WORK INSTRUCTION: For each line in the material below that holds "usize", copy that line.

EXTRACTED INFORMATION:
%%
//! The line of the answer of a collection, and its status.

ghost use Rattle.std.specs.Prelude.{◌≡◌, ◌++◌, OnOk, codes, decimal};
ghost use Rattle.vic_text.specs.Digits.{mask_text, uid_text};
ghost use Rattle.vic_collection.specs.Findings.{AreFindings};
ghost use Rattle.vic_result.specs.Answered.{IsAnswerStatus, answer_line, answer_status, not_possible_line, not_possible_status};

use crate::names::name_at;
use std::alloc::AllocError;
use vic_collection::{Collection, CollectionAnswer, Findings};
use vic_frame::{Mask, Uid};
use vic_survey::SurveyedField;
use vic_text::{push_decimal, push_mask, push_uid};

/// What is written of a collection, with the status of its answer.
#[derive(Drop)]
pub struct ResultText {
    pub text: Vec<u8>,
    /// From 0 to 3.
    pub status: u8,
}

/// Appends the line of an answer, without an end.
pub fn push_answer_line(
    text: &mut Vec<u8>,
    collection: &Collection,
    answer: &CollectionAnswer<'_>,
) -> Result<(), AllocError>
    ensures { OnOk result
        (text.new.items ≡ text.old.items ++ answer_line collection.now answer.now) }
{
    match answer {
        CollectionAnswer::NotPossible { log } => push_not_possible_at(text, collection, *log),
        CollectionAnswer::Absent { uid } => push_words_uid(text, b"absent ", *uid),
        CollectionAnswer::Unlisted { uid } => push_words_uid(text, b"unlisted ", *uid),
        CollectionAnswer::Unsettled { mask } => push_words_mask(text, b"unsettled ", mask),
        CollectionAnswer::Doubtful { uid } => push_words_uid(text, b"doubtful ", *uid),
        CollectionAnswer::Misplaced { uid } => push_words_uid(text, b"misplaced ", *uid),
        CollectionAnswer::Returned { uid } => push_words_uid(text, b"returned ", *uid),
        CollectionAnswer::NotCounted { uid } => push_words_uid(text, b"not counted ", *uid),
        CollectionAnswer::WithoutLog { place } => push_words(text, b"no log of ", place),
        CollectionAnswer::LeftOver { log } => {
            push_words(text, b"left over ", name_at(collection.surveys(), *log))
        }
        CollectionAnswer::Complete { count } => push_words_count(text, b"complete ", *count),
    }
}

/// The status of an answer.
pub fn answer_status(collection: &Collection, answer: &CollectionAnswer<'_>) -> u8
    ensures { result ≡ answer_status collection.now answer.now }
{
    match answer {
        CollectionAnswer::NotPossible { log } => match collection.surveys().get(*log) {
            Some(survey) => not_possible_status(survey.field()),
            None => 3,
        },
        CollectionAnswer::Complete { .. } => 0,
        _ => 1,
    }
}

/// The status of the collection that has these findings.
pub(crate) fn status_by(collection: &Collection, findings: &Findings<'_>) -> u8
    requires { AreFindings collection.now findings.now }
    ensures { IsAnswerStatus collection.now result }
{
    answer_status(collection, &findings.answer())
}

/// The status of a log that isn't possible. No possible one is asked for it: its 3 means nothing.
fn not_possible_status(field: &SurveyedField) -> u8
    ensures { result ≡ not_possible_status field.now }
{
    match field {
        SurveyedField::Refused { .. } => 3,
        SurveyedField::Impossible { .. } => 2,
        SurveyedField::Possible(_) => 3,
    }
}

/// Appends why the log at a position isn't possible.
fn push_not_possible_at(
    text: &mut Vec<u8>,
    collection: &Collection,
    log: usize,
) -> Result<(), AllocError>
    ensures { OnOk result (text.new.items ≡ text.old.items
        ++ answer_line collection.now (CollectionAnswer.NotPossible log)) }
{
    match collection.surveys().get(log) {
        Some(survey) => {
            push_not_possible(text, survey.name().as_str().as_bytes(), survey.field())
        }
        None => Ok(()),
    }
}

/// Appends why a log isn't possible.
fn push_not_possible(
    text: &mut Vec<u8>,
    name: &[u8],
    field: &SurveyedField,
) -> Result<(), AllocError>
    ensures { OnOk result
        (text.new.items ≡ text.old.items ++ not_possible_line name.now field.now) }
{
    match field {
        SurveyedField::Refused { line, fault } => {
            push_line_of_log(text, b"refused at line ", *line, name)?;
            text.extend_from_slice(b": ")?;
            text.extend_from_slice(fault.name().as_bytes())
        }
        SurveyedField::Impossible { line } => push_line_of_log(
            text,
            b"impossible at line ",
            *line,
            name,
        ),
        SurveyedField::Possible(_) => Ok(()),
    }
}

/// Appends words, the number of a line and a name.
fn push_line_of_log(
    text: &mut Vec<u8>,
    words: &[u8],
    line: u32,
    name: &[u8],
) -> Result<(), AllocError>
    ensures { OnOk result (text.new.items
        ≡ text.old.items ++ (words.now ++ decimal line ++ codes " of " ++ name.now)) }
{
    text.extend_from_slice(words)?;
    push_decimal(text, u64::from(line))?;
    text.extend_from_slice(b" of ")?;
    text.extend_from_slice(name)
}

/// Appends words and a text.
pub(crate) fn push_words(text: &mut Vec<u8>, words: &[u8], more: &[u8]) -> Result<(), AllocError>
    ensures { OnOk result (text.new.items ≡ text.old.items ++ (words.now ++ more.now)) }
{
    text.extend_from_slice(words)?;
    text.extend_from_slice(more)
}

/// Appends words and a UID.
pub(crate) fn push_words_uid(text: &mut Vec<u8>, words: &[u8], uid: Uid) -> Result<(), AllocError>
    ensures { OnOk result (text.new.items ≡ text.old.items ++ (words.now ++ uid_text uid)) }
{
    text.extend_from_slice(words)?;
    push_uid(text, uid)
}

/// Appends words and a mask.
pub(crate) fn push_words_mask(
    text: &mut Vec<u8>,
    words: &[u8],
    mask: &Mask,
) -> Result<(), AllocError>
    ensures { OnOk result (text.new.items ≡ text.old.items ++ (words.now ++ mask_text mask.now)) }
{
    text.extend_from_slice(words)?;
    push_mask(text, mask)
}

/// Appends words and a count.
fn push_words_count(text: &mut Vec<u8>, words: &[u8], count: usize) -> Result<(), AllocError>
    ensures { OnOk result (text.new.items ≡ text.old.items ++ (words.now ++ decimal count)) }
{
    text.extend_from_slice(words)?;
    push_decimal(text, count as u64)
}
%%
PROBLEM SOLUTION:
    log: usize,
fn push_words_count(text: &mut Vec<u8>, words: &[u8], count: usize) -> Result<(), AllocError>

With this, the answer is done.